**Instructions for the task:**
Start to finish, the listing must be rewritten exactly.

########

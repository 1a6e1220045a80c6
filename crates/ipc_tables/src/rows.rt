//! The rows of the tables.

ghost use Rattle.std.specs.Prelude.{◌≡◌};
ghost use Rattle.std.specs.Option.{option_copied, option_copied_mut};
ghost use Rattle.ipc_tables.specs.Objects.{queue_in, semaphore_in, without_call, new_body, HasRoom};

use ipc_queue::Queue;
use ipc_sem::Sem;
use ipc_terms::{Facts, Kind, Mode, Object, Sid, Uid};
use std::alloc::Global;

/// A session's user, its present mask, whether it is live, and the object on which its call is
/// parked. One that hung up keeps its user and its mask, but in proofs alone.
#[derive(Clone, Copy)]
pub struct Session {
    pub user: Uid,
    pub mask: Mode,
    pub is_live: bool,
    pub parked_on: Option<u64>,
}

/// What stands in an object.
#[derive(Drop)]
pub enum Body {
    Queue(Queue),
    Semaphore(Sem),
}

impl Body {
    ghost use Rattle.std.specs.Borrow.{LendsIf, sem};
    ghost use Rattle.ipc_queue.specs.contracts.queue.Queue.{the_row as queue_row};
    ghost use Rattle.ipc_sem.specs.contracts.semaphore.Sem.{the_row as semaphore_row};
    ghost use Rattle.ipc_tables.specs.contracts.rows.Body.{the_row};
    ghost use Rattle.ipc_tables.specs.declared.rows.Body.TheVariants.{Queue as QueueBody, Semaphore as SemaphoreBody};

    /// What stands in a new object of the kind: nothing. Takes no memory.
    pub(crate) fn new(alloc: Global, kind: Kind) -> Self
        requires { HasRoom kind }
        ensures { result ≡ new_body kind }
    {
        match kind {
            Kind::Queue(attributes) => {
                Body::Queue(Queue::new(alloc, attributes.maxmsg, attributes.msgsize))
            }
            Kind::Semaphore(value) => Body::Semaphore(Sem::new(alloc, value)),
        }
    }

    /// The queue, if it is one.
    pub(crate) fn queue(&self) -> Option<&Queue>
        ensures { option_copied result ≡ queue_in self.now }
    {
        match self {
            Body::Queue(queue) => Some(queue),
            Body::Semaphore(_) => None,
        }
    }

    /// The semaphore, if it is one.
    pub(crate) fn semaphore(&self) -> Option<&Sem>
        ensures { option_copied result ≡ semaphore_in self.now }
    {
        match self {
            Body::Queue(_) => None,
            Body::Semaphore(semaphore) => Some(semaphore),
        }
    }

    /// The queue, if it is one, to be changed.
    pub(crate) fn queue_mut(&mut self) -> Option<&mut Queue>
        ensures* writes_back { sem 𝓛 (LendsIf the_row queue_row self.entry result QueueBody self.old) }
        ensures value { option_copied_mut result ≡ queue_in self.old }
    {
        match self {
            Body::Queue(queue) => Some(queue),
            Body::Semaphore(_) => None,
        }
    }

    /// The semaphore, if it is one, to be changed.
    pub(crate) fn semaphore_mut(&mut self) -> Option<&mut Sem>
        ensures* writes_back { sem 𝓛 (LendsIf the_row semaphore_row self.entry result SemaphoreBody self.old) }
        ensures value { option_copied_mut result ≡ semaphore_in self.old }
    {
        match self {
            Body::Queue(_) => None,
            Body::Semaphore(semaphore) => Some(semaphore),
        }
    }

    /// Withdraws the session's parked call.
    pub(crate) fn withdraw(&mut self, who: Sid)
        ensures { self.new ≡ without_call who self.old }
    {
        match self {
            Body::Queue(queue) => {
                queue.withdraw(who);
            }
            Body::Semaphore(semaphore) => {
                semaphore.withdraw(who);
            }
        }
    }
}

/// An object by its number, with its present owner, group and mode, the bytes that it takes of its
/// creator's, and what stands in it.
#[derive(Drop)]
pub struct ObjectRow {
    pub number: u64,
    pub object: Object,
    pub facts: Facts,
    pub bytes: u64,
    pub body: Body,
}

########

**Result:**
repository 1a6e1220045a80c6
filename crates/ipc_tables/src/rows.rt
//! The rows of the tables.

ghost use Rattle.std.specs.Prelude.{◌≡◌};
ghost use Rattle.std.specs.Option.{option_copied, option_copied_mut};
ghost use Rattle.ipc_tables.specs.Objects.{queue_in, semaphore_in, without_call, new_body, HasRoom};

use ipc_queue::Queue;
use ipc_sem::Sem;
use ipc_terms::{Facts, Kind, Mode, Object, Sid, Uid};
use std::alloc::Global;

/// A session's user, its present mask, whether it is live, and the object on which its call is
/// parked. One that hung up keeps its user and its mask, but in proofs alone.
#[derive(Clone, Copy)]
pub struct Session {
    pub user: Uid,
    pub mask: Mode,
    pub is_live: bool,
    pub parked_on: Option<u64>,
}

/// What stands in an object.
#[derive(Drop)]
pub enum Body {
    Queue(Queue),
    Semaphore(Sem),
}

impl Body {
    ghost use Rattle.std.specs.Borrow.{LendsIf, sem};
    ghost use Rattle.ipc_queue.specs.contracts.queue.Queue.{the_row as queue_row};
    ghost use Rattle.ipc_sem.specs.contracts.semaphore.Sem.{the_row as semaphore_row};
    ghost use Rattle.ipc_tables.specs.contracts.rows.Body.{the_row};
    ghost use Rattle.ipc_tables.specs.declared.rows.Body.TheVariants.{Queue as QueueBody, Semaphore as SemaphoreBody};

    /// What stands in a new object of the kind: nothing. Takes no memory.
    pub(crate) fn new(alloc: Global, kind: Kind) -> Self
        requires { HasRoom kind }
        ensures { result ≡ new_body kind }
    {
        match kind {
            Kind::Queue(attributes) => {
                Body::Queue(Queue::new(alloc, attributes.maxmsg, attributes.msgsize))
            }
            Kind::Semaphore(value) => Body::Semaphore(Sem::new(alloc, value)),
        }
    }

    /// The queue, if it is one.
    pub(crate) fn queue(&self) -> Option<&Queue>
        ensures { option_copied result ≡ queue_in self.now }
    {
        match self {
            Body::Queue(queue) => Some(queue),
            Body::Semaphore(_) => None,
        }
    }

    /// The semaphore, if it is one.
    pub(crate) fn semaphore(&self) -> Option<&Sem>
        ensures { option_copied result ≡ semaphore_in self.now }
    {
        match self {
            Body::Queue(_) => None,
            Body::Semaphore(semaphore) => Some(semaphore),
        }
    }

    /// The queue, if it is one, to be changed.
    pub(crate) fn queue_mut(&mut self) -> Option<&mut Queue>
        ensures* writes_back { sem 𝓛 (LendsIf the_row queue_row self.entry result QueueBody self.old) }
        ensures value { option_copied_mut result ≡ queue_in self.old }
    {
        match self {
            Body::Queue(queue) => Some(queue),
            Body::Semaphore(_) => None,
        }
    }

    /// The semaphore, if it is one, to be changed.
    pub(crate) fn semaphore_mut(&mut self) -> Option<&mut Sem>
        ensures* writes_back { sem 𝓛 (LendsIf the_row semaphore_row self.entry result SemaphoreBody self.old) }
        ensures value { option_copied_mut result ≡ semaphore_in self.old }
    {
        match self {
            Body::Queue(_) => None,
            Body::Semaphore(semaphore) => Some(semaphore),
        }
    }

    /// Withdraws the session's parked call.
    pub(crate) fn withdraw(&mut self, who: Sid)
        ensures { self.new ≡ without_call who self.old }
    {
        match self {
            Body::Queue(queue) => {
                queue.withdraw(who);
            }
            Body::Semaphore(semaphore) => {
                semaphore.withdraw(who);
            }
        }
    }
}

/// An object by its number, with its present owner, group and mode, the bytes that it takes of its
/// creator's, and what stands in it.
#[derive(Drop)]
pub struct ObjectRow {
    pub number: u64,
    pub object: Object,
    pub facts: Facts,
    pub bytes: u64,
    pub body: Body,
}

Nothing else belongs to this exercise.